RADARLAMPUNG.CO.ID – Pemerintah Provinsi (Pemprov) Lampung menggelar rapat pengarahan terkait Hari Raya Idul Fitri 1442 H, Senin (3/5), di Ruang Abung Balai Keratun Pemprov setempat. Rapat dipimpin Asisten I Bidang Pemerintahan dan Kesra Sekretariat Provinsi (Sekprov) Lampung Qudrotul Ikwan, diikuti Kepala Dinas Pariwisata, Pelaku Usaha Pariwisata, dan lainnya.

Qudrotul mengatakan, forum-forum seperti itu merupakan salah satu bentuk pemantau penyebaran Covid-19. Di mana, hari ini pihaknya membahas pengawasan Posko PPKM Sekala Mikro dan Pengawasan Pariwisata.

“Kita pertemuan dengan pelaku wisata, meskipun kebijikan pimpinan kita tidak menutup kegiatan wisata. Tapi kita melakukan kegiatan itu dengan benar-benar terukur, artinya penerapan prokes Covid-19 ketat,” ujarnya, Senin (3/5).

Baca Juga:   Polhut Amankan Satu Truk Pembawa 25 Batang Sonokeling dari Tahura WAR

Selanjutnya, kata Qudrotul, Kepala Dinas Pariwisata akan membuat perjanjian dengan pelaku usaha yang ini membuka usaha pariwisatanya. “Jadi dengan forum ini kita koordinasi pengawasan,” ucapnya.
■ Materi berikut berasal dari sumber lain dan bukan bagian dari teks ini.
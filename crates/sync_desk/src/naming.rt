//! Calls by what names a key.
ghost use Rattle.std.specs.Prelude.{◌≡◌, ◌+◌, ◌⊎◌, Option, IfErr, IfOk, OnErr, OnOk, is_some};
ghost use Rattle.std.specs.Result.{IsErrOf};
ghost use Rattle.engine_reference.specs.Calls.{removal_rooms};
ghost use Rattle.front_reference.specs.declared.errors.CacheError.TheVariants as errors;
ghost use Rattle.front_state.specs.Calls.{IsCauseIn, held_value_in};
ghost use Rattle.sync_desk.specs.Drawing.{LacksSteps, LooksUpAsDrawn, RemovesAsDrawn, SeesAsDrawn};
ghost use Rattle.sync_desk.specs.Slots.Refusals.{IsShortage};

use crate::desk::Desk;
use engine_reference::Rules;
use front_parts::HasWays;
use front_reference::CacheError;
use front_state::HashedName;
use rand_core::Rng;
use std::hash::{BuildHasher, Hash};

impl<
    K: Eq + Hash + Drop,
    V: Clone + Drop,
    S: BuildHasher + Drop,
    R: Rules<K, V> + Drop,
    G: Rng + Drop,
    C: Drop,
> Desk<K, V, S, R, G, C> {
    /// Does what `get` does, by what names the key, and returns its errors.
    pub fn get_by_name<Q: HashedName<K>>(&mut self, name: &Q) -> Result<Option<V>, CacheError>
        requires exact { (x y : V) → V.is_clone x y → y ≡ x }
        ensures found { IfOk result (LooksUpAsDrawn ⟦<R as HasWays<K, V, S>>⟧.ways
            self.old.moment (Q.named_key name.now) self.old.state self.new.state) }
        ensures err { OnErr result (self.new.state ≡ self.old.state) }
        ensures rest { self.new ≡ record self.old { state = self.new.state } }
        ensures cause { IfErr result IsShortage }
        ensures used_up { IsErrOf result errors.UsedUp
            → LacksSteps 1 self.old.state }
    {
        let Some(at) = self.draw() else {
            return Err(CacheError::UsedUp);
        };
        match self.state.get_by_name(name, at) {
            Ok(found) => Ok(found),
            Err(_) => Err(CacheError::OutOfMemory),
        }
    }

    /// Does what `contains_key` does, by what names the key.
    pub fn contains_key_by_name<Q: HashedName<K>>(&mut self, name: &Q) -> bool
        ensures found { (found : Option V)
            × SeesAsDrawn ⟦<R as HasWays<K, V, S>>⟧.ways self.old.moment
            (Q.named_key name.now) self.old.state found × (result ≡ is_some found) }
        ensures same { self.new ≡ self.old }
    {
        self.state.contains_key_by_name(name, self.next_moment())
    }

    /// Does what `remove` does, by what names the key, and returns its errors.
    pub fn remove_by_name<Q: HashedName<K>>(&mut self, name: &Q) -> Result<Option<V>, CacheError>
        requires exact { (x y : V) → V.is_clone x y → y ≡ x }
        ensures value { IfOk result (λ value. value ≡ held_value_in
            ⟦<R as HasWays<K, V, S>>⟧.ways self.old.state (Q.named_key name.now)) }
        ensures removes { OnOk result (RemovesAsDrawn ⟦<R as HasWays<K, V, S>>⟧.ways
            self.old.moment (Q.named_key name.now) self.old.state self.new.state) }
        ensures rest { self.new ≡ record self.old { state = self.new.state } }
        ensures err { OnErr result (self.new.state ≡ self.old.state) }
        ensures cause { IfErr result IsShortage }
        ensures used_up { IsErrOf result errors.UsedUp
            → LacksSteps 1 self.old.state ⊎ IsCauseIn ⟦<R as HasWays<K, V, S>>⟧.ways
            removal_rooms self.old.state (Q.named_key name.now) errors.UsedUp }
    {
        let Some(at) = self.draw() else {
            return Err(CacheError::UsedUp);
        };
        self.state.remove_by_name(name, at)
    }

    /// Does what `invalidate` does, by what names the key, and returns its errors.
    pub fn invalidate_by_name<Q: HashedName<K>>(&mut self, name: &Q) -> Result<(), CacheError>
        requires exact { (x y : V) → V.is_clone x y → y ≡ x }
        ensures removes { OnOk result (RemovesAsDrawn ⟦<R as HasWays<K, V, S>>⟧.ways
            self.old.moment (Q.named_key name.now) self.old.state self.new.state) }
        ensures err { OnErr result (self.new.state ≡ self.old.state) }
        ensures rest { self.new ≡ record self.old { state = self.new.state } }
        ensures cause { IfErr result IsShortage }
        ensures used_up { IsErrOf result errors.UsedUp
            → LacksSteps 1 self.old.state ⊎ IsCauseIn ⟦<R as HasWays<K, V, S>>⟧.ways
            removal_rooms self.old.state (Q.named_key name.now) errors.UsedUp }
    {
        let Some(at) = self.draw() else {
            return Err(CacheError::UsedUp);
        };
        self.state.invalidate_by_name(name, at)
    }
}
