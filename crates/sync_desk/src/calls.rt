//! Calls that take the lock once.
ghost use Rattle.std.specs.Prelude.{◌≡◌, ◌⊎◌, ◌+◌, Option, Some, None, IfOk, IfErr, OnOk, OnErr, if◌then◌else◌, is_ok, is_some};
ghost use Rattle.std.specs.Result.{IsErrOf};
ghost use Rattle.engine_reference.specs.Calls.{removal_rooms};
ghost use Rattle.front_reference.specs.declared.errors.CacheError.TheVariants as errors;
ghost use Rattle.front_state.specs.Calls.{IsCauseIn, hash_in, held_value_in};
ghost use Rattle.sync_desk.specs.Drawing.{ClearsAsDrawn, InsertsAsDrawn, LacksSteps, LooksUpAsDrawn, RemovesAsDrawn, RunsAsDrawn, SeesAsDrawn};
ghost use Rattle.sync_desk.specs.Slots.Refusals.{IsShortage};
ghost use Rattle.sync_desk.specs.Writing.{noted_if};

use crate::desk::Desk;
use engine_reference::Rules;
use front_parts::HasWays;
use front_reference::{At, CacheError, LentKey, OwnedKey};
use rand_core::Rng;
use std::hash::{BuildHasher, Hash};

impl<
    K: Eq + Hash + Drop,
    V: Clone + Drop,
    S: BuildHasher + Drop,
    R: Rules<K, V> + Drop,
    G: Rng + Drop,
    C: Drop,
> Desk<K, V, S, R, G, C> {
    /// Returns a clone of the visible value of a key, or `None`, which counts as a use of it. Returns `OutOfMemory` if there is no memory
    /// for the clone, and `UsedUp` if 2^64 - 1 calls have been made; then nothing has changed.
    pub fn get(&mut self, key: &K) -> Result<Option<V>, CacheError>
        requires exact { (x y : V) → V.is_clone x y → y ≡ x }
        ensures found { IfOk result
            (LooksUpAsDrawn ⟦<R as HasWays<K, V, S>>⟧.ways self.old.moment key.now
            self.old.state self.new.state) }
        ensures err { OnErr result (self.new.state ≡ self.old.state) }
        ensures rest { self.new ≡ record self.old { state = self.new.state } }
        ensures cause { IfErr result IsShortage }
        ensures used_up { IsErrOf result errors.UsedUp
            → LacksSteps 1 self.old.state }
    {
        self.get_by_name(&LentKey { key })
    }

    /// Returns whether a key has a visible value. The call does not count as a use, and changes nothing.
    pub fn contains_key(&mut self, key: &K) -> bool
        ensures found { (found : Option V)
            × SeesAsDrawn ⟦<R as HasWays<K, V, S>>⟧.ways self.old.moment key.now
            self.old.state found × (result ≡ is_some found) }
        ensures same { self.new ≡ self.old }
    {
        self.contains_key_by_name(&LentKey { key })
    }

    /// Inserts a value. A cache of capacity 0 stores none. Returns `OutOfMemory` if there is not enough memory, and `UsedUp` if 2^64 - 1
    /// calls have been made or the 64-bit numbers of writes are used up; then nothing has changed.
    pub fn insert(&mut self, key: K, value: V) -> Result<(), CacheError>
        ensures inserts { OnOk result (InsertsAsDrawn ⟦<R as HasWays<K, V, S>>⟧.ways
            self.old.moment key value self.old.state self.new.state) }
        ensures err { OnErr result (self.new.state ≡ self.old.state) }
        ensures rest { self.new
            ≡ record self.old { state = self.new.state; writes = self.new.writes } }
        ensures writes { self.new.writes.steps ≡ noted_if (if is_ok result
            then Some (hash_in ⟦<R as HasWays<K, V, S>>⟧.ways self.old.state key) else None)
            (self.old.state.step + 1) self.old.writes.steps }
        ensures cause { IfErr result IsShortage }
        ensures used_up { IsErrOf result errors.UsedUp
            → LacksSteps 1 self.old.state ⊎ IsCauseIn
            ⟦<R as HasWays<K, V, S>>⟧.ways (λ _. 1) self.old.state key errors.UsedUp }
    {
        let Some(at) = self.draw() else {
            return Err(CacheError::UsedUp);
        };
        let At { now, step } = at;
        let hash = self.state.hash(&key);
        let alloc = self.alloc;
        match self
            .state
            .insert_with_hash(OwnedKey { key, alloc }, hash, value, At { now, step })
        {
            Ok(()) => {
                self.writes.note(hash, step);
                Ok(())
            }
            Err(refused) => Err(refused),
        }
    }

    /// Removes a key, whether its deadline has come or not, and returns its value, or `None` if nothing is held under it. Returns
    /// `OutOfMemory` if there is not enough memory, and `UsedUp` if 2^64 - 1 calls have been made or the 64-bit numbers of writes are used
    /// up; then nothing has changed.
    pub fn remove(&mut self, key: &K) -> Result<Option<V>, CacheError>
        requires exact { (x y : V) → V.is_clone x y → y ≡ x }
        ensures value { IfOk result (λ value. value
            ≡ held_value_in ⟦<R as HasWays<K, V, S>>⟧.ways self.old.state key.now) }
        ensures removes { OnOk result (RemovesAsDrawn ⟦<R as HasWays<K, V, S>>⟧.ways
            self.old.moment key.now self.old.state self.new.state) }
        ensures rest { self.new ≡ record self.old { state = self.new.state } }
        ensures err { OnErr result (self.new.state ≡ self.old.state) }
        ensures cause { IfErr result IsShortage }
        ensures used_up { IsErrOf result errors.UsedUp
            → LacksSteps 1 self.old.state ⊎ IsCauseIn
            ⟦<R as HasWays<K, V, S>>⟧.ways removal_rooms self.old.state key.now errors.UsedUp }
    {
        self.remove_by_name(&LentKey { key })
    }

    /// Removes a key, whether its deadline has come or not. Returns `OutOfMemory` if there is not enough memory, and `UsedUp` if 2^64 - 1
    /// calls have been made or the 64-bit numbers of writes are used up; then nothing has changed.
    pub fn invalidate(&mut self, key: &K) -> Result<(), CacheError>
        requires exact { (x y : V) → V.is_clone x y → y ≡ x }
        ensures removes { OnOk result (RemovesAsDrawn ⟦<R as HasWays<K, V, S>>⟧.ways
            self.old.moment key.now self.old.state self.new.state) }
        ensures err { OnErr result (self.new.state ≡ self.old.state) }
        ensures rest { self.new ≡ record self.old { state = self.new.state } }
        ensures cause { IfErr result IsShortage }
        ensures used_up { IsErrOf result errors.UsedUp
            → LacksSteps 1 self.old.state ⊎ IsCauseIn
            ⟦<R as HasWays<K, V, S>>⟧.ways removal_rooms self.old.state key.now errors.UsedUp }
    {
        self.invalidate_by_name(&LentKey { key })
    }

    /// Invalidates every value that was written before. Returns `UsedUp` if 2^64 - 1 calls have been made; then nothing has changed.
    pub fn invalidate_all(&mut self) -> Result<(), CacheError>
        ensures clears { OnOk result (ClearsAsDrawn self.old.moment self.old.state self.new.state) }
        ensures err { OnErr result (self.new.state ≡ self.old.state) }
        ensures rest { self.new ≡ record self.old { state = self.new.state } }
        ensures cause { IfErr result
            (λ e. (e ≡ errors.UsedUp) × LacksSteps 1 self.old.state) }
    {
        let Some(at) = self.draw() else {
            return Err(CacheError::UsedUp);
        };
        self.state.invalidate_all(at);
        Ok(())
    }

    /// Runs maintenance to its end. Returns `UsedUp` if 2^64 - 1 calls have been made; then nothing has changed.
    pub fn run_pending_tasks(&mut self) -> Result<(), CacheError>
        ensures runs { OnOk result (RunsAsDrawn R.answers self.old.moment self.old.state
            self.new.state) }
        ensures err { OnErr result (self.new.state ≡ self.old.state) }
        ensures rest { self.new ≡ record self.old { state = self.new.state } }
        ensures cause { IfErr result
            (λ e. (e ≡ errors.UsedUp) × LacksSteps 1 self.old.state) }
    {
        let Some(at) = self.draw() else {
            return Err(CacheError::UsedUp);
        };
        self.state.run_pending_tasks(at);
        Ok(())
    }
}
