//! What the lock of a shared cache guards: its state, the source of its random words, and which callers wait for which turn.
#![tactic(auto)]

mod calls;
mod desk;
pub mod env;
mod naming;
mod sharding;
pub mod slots;
mod turns;
mod wholes;
mod writes;

pub use desk::Desk;
pub use env::{Dial, DialEnv, Env, Fork, MachineEnv, MachineWatch, Watch};
pub use slots::{Asked, Ending, SharedName, Slots, WaitingName, copy_made};
pub use turns::{ComputeStart, Start};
Pihaknya pun telah merencanakan pengetatan pengawasan oleh Satpol PP saat lebaran dan seterusnya di lokasi wisata. “Nanti kita atur apakah bersama TNI-Polri atau Pol PP saja. Yang jelas Pol PP kita tempatkan di tempat wisata,” terangnya.

Terkait kapan realisasinya, Qudrotul menerangkan masih dilakukan penyusunan oleh Satpol PP. “Perkiraan saat lebaran. Kita lihat juga. Kalau gak ada pengunjung gak usah diawasi. Yang jelas pelaku wisata pun diwajibkan menyiapkan, pengawasan dan lainnya terkait Covid-19,” jelasnya.

Ditambahkannya, dalam waktu dua tiga hari ini Kepala Satuan Kerja (Satker) di Lampung akan turun ke kabupaten/kota se-Lampung untuk mengawasi penerapan Posko PPKM sekala Mikro.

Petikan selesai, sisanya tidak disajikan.